Marvel conquered the box office for 15 years until its recent string of duds. Can cinema reinvent itself without its spandex saviours?

Robert Downey Jr’s 2008 film Iron Man kicked off the Marvel phenomenon.
Robert Downey Jr’s 2008 film Iron Man kicked off the Marvel phenomenon.

For years – 15 to be precise – Marvel was cinema. Ever since Robert Downey Jr and his sass arrived as Iron Man in May 2008, superheroes who were first scribbled in Marvel comic books have dominated the big screen. You can talk about Boyhood and Parasite all you like, but quality films such as these have been feeding off box-office scraps while a spandex juggernaut has hogged the conversation, physical seats, all of the cash. The studio has made six of the 20 highest-grossing films of all time. Marvel?

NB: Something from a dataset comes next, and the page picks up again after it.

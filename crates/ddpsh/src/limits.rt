// The limits of a run.

/// The most calls that a line makes.
pub const MOST_CALLS_OF_A_LINE: u64 = 1_048_576;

For your local multiplex, these films have been marvellous.

“People ask, ‘How much longer are movies going to be based on comics?’,” said Marvel boss Kevin Feige in 2014. We were talking during his studio’s peak and he carried a certain well-earned brashness. “And I say, ‘Well, how much longer are films going to be based on novels?’. There are way more comedies every year than superhero movies. More dramas too. We keep showing people that the creativity of the comic publishing universe is infinite.”

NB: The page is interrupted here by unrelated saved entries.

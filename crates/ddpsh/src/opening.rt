// A volume is opened: mounted, or made anew.
ghost use Rattle.std.specs.Prelude.{◌≡◌, ◌≤◌, true, false, ℕ, IsTrue, IfOk, IfErr, OnErr, IsErrOf};
ghost use Rattle.answer_text.specs.Saying.{IsSaid};
ghost use Rattle.meta_log.specs.Opened.{IsOnlyRead};
ghost use Rattle.answer_text.specs.Answers.{Refused, text_of};
ghost use Rattle.ddpsh.specs.Bounds.{IsFresh};
ghost use Rattle.ddpsh.specs.Commands.{IsInRange};
ghost use Rattle.ddpsh.specs.Opens.{Opens, IsOpeningFault, IsRefusedEnd, is_reason};
ghost use Rattle.ddpsh.specs.Outcomes.{mount_text};
ghost use Rattle.ddpsh.specs.Served.{volume_state};
ghost use Rattle.volume_core.specs.Volumes.{device_of, disk_of, view_now, stopped, IsKept};
ghost use Rattle.ddpsh.specs.declared.commands.Command.TheVariants as asks;

use crate::commands::Command;
use crate::ending::End;
use answer_text::{Answered, SessionFault, refused, refused_number, refused_numbers};
use std::alloc::Global;
use vdisk::Disk;
use volume_core::Volume;
use volume_tables::MountFault;

/// Opens the volume that the command asks for, or hands the disk back.
pub(crate) fn open<D: Disk>(
    alloc: Global,
    command: Command,
    disk: D,
) -> Result<Volume<D>, (D, MountFault)>
    requires { IsInRange command }
    ensures opens { IsTrue (D.state disk).tells →
        IfOk result (λ v. Opens command (D.state disk).image (volume_state v)) }
    ensures kept { IsTrue (D.state disk).tells → IfOk result (λ v. IsKept v (view_now v)) }
    ensures runs { IfOk result (λ v. stopped v ≡ false) }
    ensures fresh { (n : ℕ) → command ≡ asks.Format n → IfOk result (λ v. IsFresh n v) }
    ensures refused { IfErr result (λ e. IsOpeningFault command (D.state disk) (D.state e.0) e.1) }
    ensures later { IfOk result (λ v. (D.state disk).faults ≤ (disk_of v).faults) }
    ensures read { command ≡ asks.Mount → IfOk result (λ v. IsOnlyRead (D.state disk) (disk_of v)) }
    ensures read_err { command ≡ asks.Mount → IfErr result (λ e. IsOnlyRead (D.state disk) (D.state e.0)) }
    ensures same { IfOk result (λ v. D.is_same disk (device_of v)) }
    ensures same_err { IfErr result (λ e. D.is_same disk e.0) }
{
    match command {
        Command::Mount => Volume::mount(alloc, disk),
        Command::Format(clusters) => Volume::format(alloc, disk, clusters),
    }
}

/// The answer where the image, or its size, is refused.
fn refused_mount(text: &mut Vec<u8>, fault: MountFault) -> Result<Answered, SessionFault>
    requires { is_reason fault ≡ true }
    ensures said { IfOk result (λ a. IsSaid a text.new.items (Refused (mount_text fault))) }
    ensures memory { OnErr result (IsErrOf result SessionFault.Memory) }
{
    match fault {
        MountFault::NotVolume => refused(text, b" NotVolume", b""),
        MountFault::VersionUnknown(found) => refused_number(text, b" VersionUnknown", found as u64),
        MountFault::SizeDiffers(said, size) => refused_numbers(text, b" SizeDiffers", said, size),
        MountFault::MetaDamaged(half) => refused_number(text, b" MetaDamaged", half as u64),
        MountFault::BadTable(rule) => refused_number(text, b" BadTable", rule as u64),
        MountFault::Failed => unreachable!(),
        MountFault::Memory => unreachable!(),
    }
}

/// How a run ends that opened no volume; `text` gets the refusal, where one is printed.
pub(crate) fn end_of_refusal(fault: MountFault, text: &mut Vec<u8>) -> End
    ensures end { IsRefusedEnd fault result }
    ensures text { result ≡ End.Refused fault → text.new.items ≡ text_of (Refused (mount_text fault)) }
{
    match fault {
        MountFault::Failed => End::Device,
        MountFault::Memory => End::Memory,
        _ => match refused_mount(text, fault) {
            Ok(_) => End::Refused(fault),
            Err(SessionFault::Memory) => End::Memory,
            Err(_) => unreachable!(),
        },
    }
}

Is it, though? Recent years have suggested that, in Hollywood at least, even infinity has its limits. The most recent Marvel movie, last November, was The Marvels – a title greeted with a shrug and less box office than The Nun II. It was Marvel’s 33rd film and, earning $US206m ($312m) worldwide, its worst performer. The Marvels is part of a trend. The least popular Marvel movies – ranking 26th (Ant-Man and the Wasp: Quantumania), 28th (Shang-Chi and the Legend of the Ten Rings), 29th (Eternals) and 30th (Black Widow) – largely hail from the past three years. While there have been hits, the time for certainty – and Feige’s bravado – is over.

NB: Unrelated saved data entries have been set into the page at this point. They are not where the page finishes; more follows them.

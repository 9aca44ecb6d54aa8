// One line with what stands behind it, served by a volume.
ghost use Rattle.std.specs.Prelude.{◌≡◌, ◌<◌, false, true, Some, Ok, replicate, IfOk, OnOk, OnErr, IsErrOf};
ghost use Rattle.cmdlet_line.specs.Lines.{Create, Write, Read, Fill, Length, Rename, Delete, Digest, Stat, Flush, Exit, ask_of};
ghost use Rattle.cmdlet_line.specs.Spelled.{AreInRange};
ghost use Rattle.plain_volume.specs.Replies.{done_reply};
ghost use Rattle.script_items.specs.Script.{item_of, with_payload, Bare, Paid};
ghost use Rattle.answer_text.specs.Answers.{Answer, said};
ghost use Rattle.ddpsh.specs.Answers.{makes_none, may_stop};
ghost use Rattle.answer_text.specs.Saying.{IsSaid};
ghost use Rattle.plain_volume.specs.Volume.{Volume as PlainVolume};
ghost use Rattle.volume_core.specs.Volumes.{stopped, IsKept};
ghost use Rattle.ddpsh.specs.Served.{Attempts, IsSteady, asked_as};

use crate::listing::list;
use answer_text::{
    Answered, SessionFault, accepted, accepted_digest, accepted_number, end, read_room, refused,
    refused_call, refused_line, silent,
};
use cmdlet_line::{Line, LineFault};
use plain_volume::Fault;
use plain_volume::laws::own_replies_are_steps;
use script_items::is_spoilt_at;
use std::alloc::Global;
use vdisk::Disk;
use volume_core::Volume;
use volume_core::laws::volumes_wear_at_the_last_epoch;

/// How many calls a line has made, and the kind of its answer, or why it has none.
#[derive(Clone, Copy)]
pub(crate) struct Attempt {
    pub(crate) made: u64,
    pub(crate) ended: Result<Answered, SessionFault>,
}

/// A line that made one call.
fn called(ended: Result<Answered, SessionFault>) -> Attempt
    ensures { result ≡ record { made = 1; ended = ended } }
{
    Attempt { made: 1, ended }
}

/// A line that made no call.
fn uncalled(ended: Result<Answered, SessionFault>) -> Attempt
    ensures { result ≡ record { made = 0; ended = ended } }
{
    Attempt { made: 0, ended }
}

/// The answer to a call that has nothing to tell but its refusal.
fn done(text: &mut Vec<u8>, given: Result<(), Fault>) -> Result<Answered, SessionFault>
    ensures said { IfOk result (λ a.
        (answer : Answer) × (said (done_reply given) ≡ Some answer) × IsSaid a text.new.items answer) }
    ensures device { IsErrOf result SessionFault.Device → IsErrOf given Fault.Failed }
    ensures failed { IsErrOf given Fault.Failed → IsErrOf result SessionFault.Device }
    ensures no_sink { IsErrOf result SessionFault.Sink → ⊥ }
{
    match given {
        Ok(()) => accepted(text),
        Err(fault) => refused_call(text, fault),
    }
}

fn create<D: Disk>(volume: &mut Volume<D>, name: &[u8], text: &mut Vec<u8>) -> Attempt
    requires { stopped volume.old ≡ false }
    ensures told { (w : PlainVolume) → IsKept volume.old w →
        Attempts (Bare (Create name.now)) volume.old volume.new result text.new.items }
    ensures steady { IsSteady volume.old volume.new result }
{
    own_replies_are_steps();
    let given = volume.create(name);
    called(done(text, given))
}

fn write<D: Disk>(
    volume: &mut Volume<D>,
    name: &[u8],
    at: u64,
    count: u64,
    payload: &[u8],
    text: &mut Vec<u8>,
) -> Attempt
    requires { stopped volume.old ≡ false }
    ensures told { (w : PlainVolume) → IsKept volume.old w →
        Attempts (Paid (Write name.now at count) payload.now) volume.old volume.new result text.new.items }
    ensures steady { IsSteady volume.old volume.new result }
{
    own_replies_are_steps();
    let given = volume.write(name, at, payload);
    called(done(text, given))
}

/// A `write` line with what stands behind it, up to the byte in the newline's place.
fn write_line<D: Disk>(
    volume: &mut Volume<D>,
    name: &[u8],
    at: u64,
    count: u64,
    behind: &[u8],
    text: &mut Vec<u8>,
) -> Attempt
    requires { stopped volume.old ≡ false }
    ensures told { (w : PlainVolume) → IsKept volume.old w →
        Attempts (with_payload (Write name.now at count) behind.now (Some count)) volume.old volume.new result
        text.new.items }
    ensures idle { makes_none (with_payload (Write name.now at count) behind.now (Some count)) ≡ true →
        Attempts (with_payload (Write name.now at count) behind.now (Some count)) volume.old volume.new result
        text.new.items }
    ensures stays { may_stop (with_payload (Write name.now at count) behind.now (Some count)) ≡ false →
        stopped volume.new ≡ false }
    ensures steady { IsSteady volume.old volume.new result }
{
    if (behind.len() as u64) < count {
        return uncalled(refused(text, b" Cut", b""));
    }
    if is_spoilt_at(behind, count) {
        return uncalled(refused(text, b" PayloadEnd", b""));
    }
    write(volume, name, at, count, &behind[..count as usize], text)
}

/// The bytes are read straight into their place in the answer.
fn read<D: Disk>(
    volume: &mut Volume<D>,
    alloc: Global,
    name: &[u8],
    at: u64,
    count: u64,
    text: &mut Vec<u8>,
) -> Attempt
    requires { stopped volume.old ≡ false }
    ensures told { (w : PlainVolume) → IsKept volume.old w →
        Attempts (Bare (Read name.now at count)) volume.old volume.new result text.new.items }
    ensures runs { stopped volume.new ≡ false }
    ensures steady { IsSteady volume.old volume.new result }
{
    own_replies_are_steps();
    let place = match read_room(text, alloc, count) {
        Ok(place) => place,
        Err(fault) => return uncalled(Err(fault)),
    };
    match volume.read_into(name, at, &mut text[place..]) {
        Ok(()) => called(end(text, Answered::Ok)),
        Err(fault) => called(refused_call(text, fault)),
    }
}

fn flush<D: Disk>(volume: &mut Volume<D>, text: &mut Vec<u8>) -> Attempt
    requires { stopped volume.old ≡ false }
    ensures told { (w : PlainVolume) → IsKept volume.old w →
        Attempts (Bare Flush) volume.old volume.new result text.new.items }
    ensures steady { IsSteady volume.old volume.new result }
{
    own_replies_are_steps();
    let given = volume.flush();
    called(done(text, given))
}

/// Makes all durable, so that the volume may be let go. The answer `ok` is made before, so that it does not want for
/// memory afterwards.
fn exit<D: Disk>(volume: &mut Volume<D>, text: &mut Vec<u8>) -> Attempt
    requires { stopped volume.old ≡ false }
    ensures told { (w : PlainVolume) → IsKept volume.old w →
        Attempts (Bare Exit) volume.old volume.new result text.new.items }
    ensures steady { IsSteady volume.old volume.new result }
{
    match accepted(text) {
        Err(fault) => uncalled(Err(fault)),
        Ok(_) => match volume.flush() {
            Ok(()) => uncalled(Ok(Answered::Exit)),
            Err(fault) => uncalled(refused_call(text, fault)),
        },
    }
}

/// So many equal bytes.
fn repeat(text: &mut Vec<u8>, count: u64, byte: u8) -> Result<(), SessionFault>
    ensures bytes { OnOk result (text.new.items ≡ replicate count byte) }
    ensures memory { OnErr result (IsErrOf result SessionFault.Memory) }
{
    text.clear();
    text.resize(count as usize, byte)?;
    Ok(())
}

/// The answer's room holds the bytes until they are written.
fn fill<D: Disk>(
    volume: &mut Volume<D>,
    name: &[u8],
    at: u64,
    count: u64,
    byte: u64,
    text: &mut Vec<u8>,
) -> Attempt
    requires running { stopped volume.old ≡ false }
    requires small { byte < 256 }
    ensures told { (w : PlainVolume) → IsKept volume.old w →
        Attempts (Bare (Fill name.now at count byte)) volume.old volume.new result text.new.items }
    ensures steady { IsSteady volume.old volume.new result }
{
    own_replies_are_steps();
    match repeat(text, count, byte as u8) {
        Ok(()) => {
            let given = volume.write(name, at, text);
            called(done(text, given))
        }
        Err(fault) => uncalled(Err(fault)),
    }
}

fn set_length<D: Disk>(
    volume: &mut Volume<D>,
    name: &[u8],
    length: u64,
    text: &mut Vec<u8>,
) -> Attempt
    requires { stopped volume.old ≡ false }
    ensures told { (w : PlainVolume) → IsKept volume.old w →
        Attempts (Bare (Length name.now length)) volume.old volume.new result text.new.items }
    ensures steady { IsSteady volume.old volume.new result }
{
    own_replies_are_steps();
    let given = volume.set_length(name, length);
    called(done(text, given))
}

fn rename<D: Disk>(volume: &mut Volume<D>, from: &[u8], to: &[u8], text: &mut Vec<u8>) -> Attempt
    requires { stopped volume.old ≡ false }
    ensures told { (w : PlainVolume) → IsKept volume.old w →
        Attempts (Bare (Rename from.now to.now)) volume.old volume.new result text.new.items }
    ensures steady { IsSteady volume.old volume.new result }
{
    own_replies_are_steps();
    let given = volume.rename(from, to);
    called(done(text, given))
}

fn delete<D: Disk>(volume: &mut Volume<D>, name: &[u8], text: &mut Vec<u8>) -> Attempt
    requires { stopped volume.old ≡ false }
    ensures told { (w : PlainVolume) → IsKept volume.old w →
        Attempts (Bare (Delete name.now)) volume.old volume.new result text.new.items }
    ensures steady { IsSteady volume.old volume.new result }
{
    own_replies_are_steps();
    let given = volume.delete(name);
    called(done(text, given))
}

fn digest<D: Disk>(volume: &mut Volume<D>, name: &[u8], text: &mut Vec<u8>) -> Attempt
    requires { stopped volume.old ≡ false }
    ensures told { (w : PlainVolume) → IsKept volume.old w →
        Attempts (Bare (Digest name.now)) volume.old volume.new result text.new.items }
    ensures runs { stopped volume.new ≡ false }
    ensures steady { IsSteady volume.old volume.new result }
{
    own_replies_are_steps();
    match volume.digest(name) {
        Ok(digest) => called(accepted_digest(text, &digest)),
        Err(fault) => called(refused_call(text, fault)),
    }
}

fn stat<D: Disk>(volume: &Volume<D>, name: &[u8], text: &mut Vec<u8>) -> Attempt
    requires { stopped volume.now ≡ false }
    ensures told { Attempts (Bare (Stat name.now)) volume.now volume.now result text.new.items }
    ensures steady { IsSteady volume.now volume.now result }
{
    own_replies_are_steps();
    volumes_wear_at_the_last_epoch(volume);
    match volume.stat(name) {
        Ok(size) => called(accepted_number(text, size)),
        Err(fault) => called(refused_call(text, fault)),
    }
}

fn answer_line<D: Disk>(
    volume: &mut Volume<D>,
    alloc: Global,
    line: Line,
    behind: &[u8],
    text: &mut Vec<u8>,
) -> Attempt
    requires running { stopped volume.old ≡ false }
    requires fits { AreInRange (ask_of line) }
    ensures told { (w : PlainVolume) → IsKept volume.old w →
        Attempts (item_of (Ok (ask_of line.entry)) behind.now) volume.old volume.new result text.new.items }
    ensures idle { makes_none (item_of (Ok (ask_of line.entry)) behind.now) ≡ true →
        Attempts (item_of (Ok (ask_of line.entry)) behind.now) volume.old volume.new result text.new.items }
    ensures stays { may_stop (item_of (Ok (ask_of line.entry)) behind.now) ≡ false → stopped volume.new ≡ false }
    ensures steady { IsSteady volume.old volume.new result }
{
    match line {
        Line::Silent => uncalled(Ok(silent(text))),
        Line::Create(name) => create(volume, name, text),
        Line::Write(name, at, count) => write_line(volume, name, at, count, behind, text),
        Line::Read(name, at, count) => read(volume, alloc, name, at, count, text),
        Line::Flush => flush(volume, text),
        Line::Exit => exit(volume, text),
        Line::Fill(name, at, count, byte) => fill(volume, name, at, count, byte, text),
        Line::Length(name, length) => set_length(volume, name, length, text),
        Line::Rename(from, to) => rename(volume, from, to, text),
        Line::Delete(name) => delete(volume, name, text),
        Line::Digest(name) => digest(volume, name, text),
        Line::Stat(name) => stat(volume, name, text),
        Line::List => list(volume, alloc, text),
    }
}

/// Serves what a line asks, with what stands behind it up to the byte in its newline's place, and makes the text of its
/// answer.
pub(crate) fn answer<D: Disk>(
    volume: &mut Volume<D>,
    alloc: Global,
    asked: Result<Line, LineFault>,
    behind: &[u8],
    text: &mut Vec<u8>,
) -> Attempt
    requires running { stopped volume.old ≡ false }
    requires fits { IfOk (asked_as asked) AreInRange }
    ensures told { (w : PlainVolume) → IsKept volume.old w →
        Attempts (item_of (asked_as asked.entry) behind.now) volume.old volume.new result text.new.items }
    ensures idle { makes_none (item_of (asked_as asked.entry) behind.now) ≡ true →
        Attempts (item_of (asked_as asked.entry) behind.now) volume.old volume.new result text.new.items }
    ensures stays { may_stop (item_of (asked_as asked.entry) behind.now) ≡ false → stopped volume.new ≡ false }
    ensures steady { IsSteady volume.old volume.new result }
{
    match asked {
        Err(fault) => uncalled(refused_line(text, fault)),
        Ok(line) => answer_line(volume, alloc, line, behind, text),
    }
}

Because even if the enormously hyped Deadpool & Wolverine (now in cinemas) takes the money Marvel and parent company Disney expect it to, that film is an anomaly in boasting two bona fide movie stars, Ryan Reynolds and Hugh Jackman, dressed up as household-name ­superheroes.

Next in line? Next year’s Captain America: Brave New World, which doesn’t even star the original and popular Captain America actor, Chris Evans, and something called Thunderbolts, which gathers a host of second-rank superheroes rather like an England football team picked from the non-leagues.

Soon, then, The Marvels could be unseated from its unwanted throne as the most disastrous Marvel film in history – which begs the question: What happened? How did a rush of bank-busting blockbusters, with 10 films earning more than $1.5bn, start to feel so second-rate?

One simple answer is exhaustion. Between 2009 and 2013 Marvel released on average 1.2 films each year. Between 2016 and 2019 it went up to 2.75 annually. Then, in 2020, Disney launched its streaming service, Disney+, which meant screens big and small were up for grabs. Since 2021, Marvel has released, on average, 3.3 films and 3.7 TV series every year, all interlocking in the so-called Marvel Cinematic Universe that Warner Bros (Batman, Wonder Woman) and Universal (Frankenstein, The Mummy) tried, but failed, to mimic. This volume is catnip for those who see Marvel creator Stan Lee as a scribe equal to William Shakespeare, but an exasperating demand on our time for everyone else.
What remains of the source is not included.